The association was formed by the residents in order to compel the appellant to carry out its obligations in terms of the various contracts it had entered into with the various individuals who form the association.

The High Court found that the appellant had breached the terms of agreement between itself and the residents in regard to Phase 1 of the development. Consequently, the court granted an order directing the appellant to fully service Phase 1 of the housing development within 90 days, and, in particular, to connect to all Stands reticulated water, sanitary systems, tarred roads, and a proper drainage system.

Dissatisfied with that order, the appellant appealed to this Court on the grounds that:

(a) The court a quo had erred in finding that the respondent had locus standi in judicio to institute the proceedings; and

(b) The court a quo had erred in rejecting the appellant's contention that it had complied with its obligations in terms of the relevant Development Permit.

At the hearing of the matter before this Court, counsel for the appellant abandoned the other grounds of appeal and attacked the judgment of the court a quo on the sole basis that there were material disputes of facts which were incapable of resolution on the papers, and, for that reason, the matter should either have been referred to trial or dismissed.

The sole issue for determination before this Court, therefore, is whether the court a quo erred in resolving the disputes raised on the papers without hearing evidence.
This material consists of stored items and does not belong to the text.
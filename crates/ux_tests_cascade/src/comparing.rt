//! The one comparison of a row's answer.

use std::fmt::Debug;
use std::process::Abort;

/// Stops the test where the row of this name has another answer than the one that is wanted.
pub fn compare<T: Copy + Debug + PartialEq>(rt: &impl Abort, name: &str, got: T, want: T) {
    assert_eq!(rt; got, want, "{name}");
}
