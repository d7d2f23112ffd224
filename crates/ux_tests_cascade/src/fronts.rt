//! A finder in memory: each step finds the first token of a text.

use std::alloc::Global;
use ux_base::{Mem, Txt};
use ux_cascade::Finder;
use ux_outputs::Hit;
use ux_tokens::Text;

/// For each step what it puts in the place of the first token.
#[derive(Drop)]
pub struct Fronts {
    /// The texts.
    pub texts: Vec<Txt>,
}

impl Finder for Fronts {
    ghost use Rattle.std.specs.Prelude.{◌≡◌, length};
    ghost use Rattle.ux_tests_cascade.specs.Fronts.{FindsFront, one_front};

    ghost steps = { λ fronts. length fronts.texts.items };

    ghost finds = { λ fronts. FindsFront fronts.texts.items };

    fn find(&self, alloc: Global, step: usize, text: &Text) -> Mem<Vec<Hit>> {
        let mut hits = Vec::new(alloc);
        if text.len() > 0 {
            let text = Txt::from_str(alloc, self.texts[step].as_str())?;
            hits.push(Hit {
                first: 0,
                last: 0,
                text,
            })?;
        }
        Ok(hits)
    }

    ghost one_list = { λ fronts. one_front fronts.texts.items };
}
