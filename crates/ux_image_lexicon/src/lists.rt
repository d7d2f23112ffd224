//! Reading the codes of an image's lists.

ghost use Rattle.std.specs.Prelude.{◌≡◌, IfOk};
ghost use Rattle.std.specs.List.{AllZip};
ghost use Rattle.ux_image_content.specs.Walking.{AreCodes, AreLists, IsGood};
ghost use Rattle.ux_image_lexicon.specs.Told.{AreRead, IsRead};

use crate::codes::{ReadCode, ReadList};
use indexmap::IndexSet;
use std::alloc::{AllocError, Global};
use ux_base::{Lst, Mem};
use ux_dawg::Items;
use ux_dela::read_codes;
use ux_image::{Code, CodeList, Pair};

/// The lists with their codes read. Takes a step a byte.
pub(crate) fn read_lists(alloc: Global, lists: &IndexSet<CodeList>) -> Mem<Vec<ReadList>>
    requires { AreLists lists.now.keys }
    ensures { IfOk result (λ read. AreRead lists.now.keys read.items) }
{
    let mut read = Vec::new(alloc);
    for list in lists.as_slice() {
        read.push(read_list(alloc, list)?)?;
    }
    Ok(read)
}

/// The list with its codes read.
fn read_list(alloc: Global, list: &CodeList) -> Mem<ReadList>
    requires { AreCodes list.now.codes }
    ensures { IfOk result (λ read. AllZip IsRead list.now.codes read.codes) }
{
    let mut codes = Vec::new(alloc);
    for code in list.codes.as_slice() {
        codes.push(read_code(alloc, code)?)?;
    }
    Ok(ReadList {
        codes: Lst::new(codes),
    })
}

/// The code with its printed codes read.
fn read_code(alloc: Global, code: &Code) -> Mem<ReadCode>
    requires { IsGood code.now }
    ensures { IfOk result (IsRead code.now) }
{
    match read_codes(alloc, code.codes.as_str())? {
        Some(codes) => Ok(ReadCode {
            pairs: copies(alloc, code.pairs.as_slice())?,
            codes,
        }),
        // The codes of an image are such as are printed.
        None => unreachable!(),
    }
}

/// Copies of the pairs.
fn copies(alloc: Global, pairs: &[Pair]) -> Mem<Items<Pair>>
    ensures { IfOk result (λ copies. copies ≡ pairs.now) }
{
    let mut copies = Items::empty(alloc);
    for pair in pairs {
        copies.push(copy_of(pair)?)?;
    }
    Ok(copies)
}

/// A copy of the pair.
fn copy_of(pair: &Pair) -> Result<Pair, AllocError>
    ensures { IfOk result (λ copy. copy ≡ pair.now) }
{
    Ok(Pair {
        taken: pair.taken,
        added: pair.added.clone()?,
    })
}
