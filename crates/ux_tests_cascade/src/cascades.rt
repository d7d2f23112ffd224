//! Cascades of two steps, of a text and of its tokens.

ghost use Rattle.std.specs.Prelude.{◌≡◌, IfOk, length};

use crate::comparing::compare;
use crate::fronts::Fronts;
use std::alloc::Global;
use std::test::Fail;
use ux_alphabet::Alphabet;
use ux_base::{Mem, Txt};
use ux_cascade::{Finder, Outcome, Rewritten, apply_steps, cascade, rewrite, trace_text};
use ux_tokens::Text;

/// What the steps leave of `a b`, and the rounds before it. The first step makes `b- b` of it. Then `b`
/// is the first token, and `c` in its place, which the second step's second round leaves as it is.
const OUTCOME: &str = "1 1 1\n2 1 1\n2 2 1\nc- b";

/// The first step puts `b-`, the second one `c`.
fn fronts(alloc: Global) -> Mem<Fronts>
    ensures { IfOk result (λ fronts. length fronts.texts.items ≡ 2) }
{
    let mut texts = Vec::new(alloc);
    texts.push(Txt::from_str(alloc, "b-")?)?;
    texts.push(Txt::from_str(alloc, "c")?)?;
    Ok(Fronts { texts })
}

/// The letters of the text.
fn letters(alloc: Global) -> Result<Alphabet, Fail> {
    Ok(Alphabet::read(alloc, "#az\n")?)
}

/// The rounds of a cascade, a line each, and its text.
fn told(alloc: Global, outcome: &Outcome) -> Mem<String> {
    let mut told = trace_text(alloc, outcome.rounds.as_slice())?;
    told.push_str(outcome.text.as_str())?;
    Ok(told)
}

/// The cascade of the text.
fn of_text(alloc: Global) -> Result<String, Fail> {
    let (alphabet, fronts) = (letters(alloc)?, fronts(alloc)?);
    let text = String::from_str(alloc, "a b")?;
    let outcome = cascade(alloc, text, &alphabet, &[1, 9], &fronts)?;
    Ok(told(alloc, &outcome)?)
}

/// The cascade of its tokens.
fn of_tokens(alloc: Global) -> Result<String, Fail> {
    let (alphabet, fronts) = (letters(alloc)?, fronts(alloc)?);
    let text = Text::read(alloc, String::from_str(alloc, "a b")?, &alphabet)?;
    let outcome = apply_steps(alloc, text, &alphabet, &[1, 9], &fronts)?;
    Ok(told(alloc, &outcome)?)
}

/// The text after one hit of the first step.
fn after_one_hit(alloc: Global) -> Result<Rewritten, Fail> {
    let (alphabet, fronts) = (letters(alloc)?, fronts(alloc)?);
    let text = Text::read(alloc, String::from_str(alloc, "a b")?, &alphabet)?;
    let hits = fronts.find(alloc, 0, &text)?;
    Ok(rewrite(alloc, &text, hits.as_slice())?)
}

#[test]
fn steps_follow_each_other(rt: HostRuntime) -> Result<(), Fail> {
    compare(&rt, "a text", of_text(rt.alloc())?.as_str(), OUTCOME);
    compare(&rt, "its tokens", of_tokens(rt.alloc())?.as_str(), OUTCOME);
    Ok(())
}

#[test]
fn a_hit_is_rewritten(rt: HostRuntime) -> Result<(), Fail> {
    let made = after_one_hit(rt.alloc())?;
    compare(&rt, "the text", made.text.as_str(), "b- b");
    compare(&rt, "how many hits", made.spans, 1);
    Ok(())
}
In terms of condition 27 of the Development Permit issued to the appellant by the second respondent, the appellant was obliged, at his own expense, to: “provide all infrastructural services viz roads, electricity, water mains, and sewerage disposal, to the specification approved by and to the satisfaction of Norton Town Council and all such services shall be handed over to Council at a date to be agreed upon by the two parties involved.”

In its founding papers before the High Court, the first respondent alleged that the appellant had breached the contract in various respects.

The first respondent alleged that although the appellant had tarred the roads in Phase 1, it had done so in a substandard manner; that no proper drainage system had been constructed; and tapped water was not available at all the Stands. The first respondent further alleged that no street lighting had been put in place and social amenities, such as schools and clinics, were still to be constructed.

In its opposing affidavit, the appellant asserted, that, it had done its best to carry out its obligations under the difficult economic conditions prevailing in Zimbabwe, and that it was on course to completing its obligations.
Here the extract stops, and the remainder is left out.